J. Chem. Phys., 2017, 147, 034112. DOI: 10.1063/1.4993215
A generally applicable atomic-charge dependent London dispersion correction
Eike Caldeweyher, Sebastian Ehlert, Andreas Hansen, Hagen Neugebauer, Sebastian Spicher, Christoph Bannwarth, Stefan Grimme.
J. Chem. Phys., 2019, 150, 154122. DOI: 10.1063/1.5090222
Extension and evaluation of the D4 London-dispersion model for periodic systems
Eike Caldeweyher, Jan-Michael Mewes, Sebastian Ehlert, Stefan Grimme.
Phys. Chem. Chem. Phys., 2020, 22, 8499-8512. DOI: 10.1039/D0CP00502A
- Kraken rejects SMILES strings with undefined stereochemistry that would lead to inconsistent results (diastereomers)
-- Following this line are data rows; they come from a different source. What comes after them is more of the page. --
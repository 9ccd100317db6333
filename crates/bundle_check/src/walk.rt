// The walk along the rows of a bundle, and what 34, 35 and 36 ask of them.
ghost use Rattle.std.specs.Prelude.{◌≡◌, ◌≤◌, length};
ghost use Rattle.bundle_rows.specs.Rows.{most_rows, first_offset};
ghost use Rattle.bundle_check.specs.Walking.{walk_of};

use bundle_rows::{unchecked_row, wrong_field};

// Whether 34 applies, whether 35 does, and where the last body ends. Both are looked for in one walk to its end, since 34 anywhere comes
// before 35: a Result would stop at the first 35.
#[derive(Clone, Copy)]
pub(crate) struct Walk {
    pub(crate) field: bool,
    pub(crate) place: bool,
    pub(crate) end: usize,
}

// Each row is held against the time of the row before it, and against the place where the body before its own ends.
pub(crate) fn walk_rows(bundle: &[u8], count: usize) -> Walk
    requires { (count ≤ most_rows) × (first_offset count ≤ length bundle.now) }
    ensures { result ≡ walk_of count bundle.now }
{
    let mut before: u32 = 0;
    let mut at = 2 + 12 * count;
    let mut field = false;
    let mut place = false;
    for i in 0..count {
        let row = unchecked_row(bundle, i);
        let size = row.length as usize;
        let wrong = wrong_field(row.position, row.direction, size);
        let end = at + size;
        field = field | (wrong | (row.time < before));
        place = place | ((row.offset as usize != at) | (bundle.len() < end));
        before = row.time;
        at = end;
    }
    Walk {
        field,
        place,
        end: at,
    }
}
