// The rows of a run bundle of document 01 and their bodies, asked for one by one.
ghost use Rattle.std.specs.Prelude.{◌≡◌};
ghost use Rattle.base_rules.specs.Shown.{shown};
ghost use Rattle.bundle_check.specs.Handing.{place_of, row_at, body_at};
ghost use Rattle.bundle_check.specs.Stretches.{Handed};

use crate::check;
use base_rules::Refusal;
use bundle_rows::{Row, unchecked_row};

// Where a row's body lies in its bundle.
#[derive(Clone, Copy)]
pub struct BodyPlace {
    pub offset: usize,
    pub size: usize,
}

// The place that a row gives for its body.
pub fn place_of(row: Row) -> BodyPlace
    ensures { result ≡ place_of row }
{
    BodyPlace {
        offset: row.offset as usize,
        size: row.length as usize,
    }
}

// The fields of row i, counted from 0. `bundle_columns::row` is not one with it: a trait for what counts and reads the rows would be longer
// than these six lines.
pub fn row(bundle: &[u8], i: usize) -> Result<Row, Refusal>
    ensures { result ≡ shown (row_at bundle.now i) }
{
    let count = check(bundle)?;
    if count <= i {
        return Err(Refusal::BUNDLE_NO_SUCH_ROW);
    }
    Ok(unchecked_row(bundle, i))
}

// Where the body of row i lies.
pub fn body_at(bundle: &[u8], i: usize) -> Result<BodyPlace, Refusal>
    ensures { result ≡ shown (body_at bundle.now i) }
{
    row(bundle, i).map(place_of)
}

// The body of row i: that stretch of the caller's own bundle, and an empty one where it is refused.
pub fn body<'a>(bundle: &'a [u8], i: usize) -> &'a [u8]
    ensures { Handed (body_at bundle.now i) bundle.entry result }
{
    match body_at(bundle, i) {
        Ok(place) => &bundle[place.offset..place.offset + place.size],
        Err(_) => &bundle[..0],
    }
}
- Included CLI scripts for automatically submitting Kraken calculations
- Included CLI scripts for converting Kraken result directories into CSV files or SDF files for viewing
- Automatic fchk generation
- The conformer search produces slightly different conformers each run, so results vary slightly (around 1%) between runs
- The original code is designed to ignore descriptors that are assigned
Noneas a result of xTB failure. This behavior is retained. - Despite refactoring, the codebase still contains unused code.
- The conda versions of xTB and CREST are incompatible with Kraken. They frequently crashed during the --vipea calculations. The precompiled binaries of each release should be used or compiled directly. This workflow was developed with CREST 2.12 and xTB 6.4.0.
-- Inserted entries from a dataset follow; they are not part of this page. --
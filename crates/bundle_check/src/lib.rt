// The run bundle of document 01, on lent bytes: checking it, and what it holds.
#![tactic(auto)]

ghost use Rattle.std.specs.Prelude.{◌≡◌, ◌≤◌, length};
ghost use Rattle.bundle_rows.specs.Rows.{most_rows, first_offset};
ghost use Rattle.base_rules.specs.Answers.{reads};
ghost use Rattle.base_rules.specs.Shown.{shown};
ghost use Rattle.bundle_check.specs.Bundles.{count_of, opened, check_rows, check_of};

use crate::walk::walk_rows;
use base_characters::pairs::any_over;
use base_numbers::number_at;
use base_rules::Refusal;
use bundle_rows::MOST_ROWS;

pub mod accepted;
pub mod rows;
mod walk;

// The most bytes of a bundle.
pub const MOST_BYTES: usize = 65_536;

// The number of rows, or the lowest of 34 to 37 that applies to them and their bodies. It takes no Accepted, which it is to find out.
fn check_rows(bundle: &[u8], count: usize) -> Result<usize, Refusal>
    requires { (count ≤ most_rows) × (first_offset count ≤ length bundle.now) }
    ensures { result ≡ shown (check_rows count bundle.now) }
{
    let walk = walk_rows(bundle, count);
    if walk.field {
        return Err(Refusal::BUNDLE_WRONG_ROW);
    }
    if walk.place {
        return Err(Refusal::BUNDLE_WRONG_OFFSET);
    }
    if walk.end < bundle.len() {
        return Err(Refusal::BUNDLE_BYTES_LEFT);
    }
    if any_over(&bundle[2 + 12 * count..]) {
        return Err(Refusal::BUNDLE_WRONG_CHARACTER);
    }
    Ok(count)
}

// The number of rows that the contents have, or 30 to 33 where they are not whole.
pub fn opened(bundle: &[u8]) -> Result<usize, Refusal>
    ensures { result ≡ shown (opened bundle.now (reads (count_of bundle.now))) }
{
    if MOST_BYTES < bundle.len() {
        return Err(Refusal::BUNDLE_TOO_LONG);
    }
    if bundle.len() < 2 {
        return Err(Refusal::BUNDLE_TOO_SHORT);
    }
    let count = number_at(bundle, 0, 2) as usize;
    if MOST_ROWS < count {
        return Err(Refusal::BUNDLE_WRONG_COUNT);
    }
    if bundle.len() < 2 + 12 * count {
        return Err(Refusal::BUNDLE_CONTENTS_CUT);
    }
    Ok(count)
}

// The number of rows, or the lowest refusal that applies to the whole bundle.
pub fn check(bundle: &[u8]) -> Result<usize, Refusal>
    ensures { result ≡ shown (check_of bundle.now) }
{
    let count = opened(bundle)?;
    check_rows(bundle, count)
}
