// A bundle that the check accepts.
ghost use Rattle.std.specs.Prelude.{◌≡◌};
ghost use Rattle.base_rules.specs.Answers.{reads};
ghost use Rattle.bundle_rows.specs.Rows.{unchecked_row};
ghost use Rattle.bundle_check.specs.Bundles.{check_of};

use bundle_rows::{Row, unchecked_row};

// Its bytes, and how many rows it has.
#[derive(Clone, Copy)]
pub struct Accepted<'a> {
    pub bytes: &'a [u8],
    pub count: usize,
    pub ghost accepted: { check_of bytes.now ≡ reads count },
}

impl<'a> Accepted<'a> {
    // Row i, counted from 0.
    pub fn row(self, i: usize) -> Row
        ensures { result ≡ unchecked_row self.entry.bytes.now i }
    {
        unchecked_row(self.bytes, i)
    }
}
- CREST 2.12 produces many more conformers than CREST 2.8. Because conformers are selected based on properties, the number of conformers for DFT calculations should remain unchanged.
- Several descriptors vary substantially with xTB 6.7.0 or greater (EA/IP descriptors, nucleophilicity) because IPEA-xTB is not used for vertical IP/EA calculations. This will likely not affect the DFT level descriptors.
The code for this updated workflow was adapted from the original Kraken code. Updates to the code should be done carefully so as to not impact the final descriptors. We have included a comparison between the descriptors from the original Kraken publications and the new workflow for approximately 30 monophosphines in the validation/ folder.
If you wish to submit batches of Kraken calculations (either the conformer search or the DFT portion of the workflow) to other systems, you must
create additional .slurm templates that are compatible with /kraken/cli/submit_conf_search.py and /kraken/cli/submit_dft_calcs.py. The
slurm scripts should contain the call to run_kraken_conf_search and run_kraken_dft along with placeholders for the following variables.
$TIME - Time in hours for the jobs
$NPROCS - Number of processors to request for the job
$MEM - Amount of memory in Gigabytes to request for the job
$KID - 8-digit Kraken ID
$CALCDIR - Calculation directory for the job
$SMILES - Placeholder for the SMILES string of the monophosphines (only required for conf search portion)
$CONVERSION_FLAG - Flag for method for generating coordinates from SMILES (default should be 4, only for conf search portion)
Once you have created the new .slurm template, you can use the submission scripts (submit_conf_search.py) and specify the --slurm-template argument.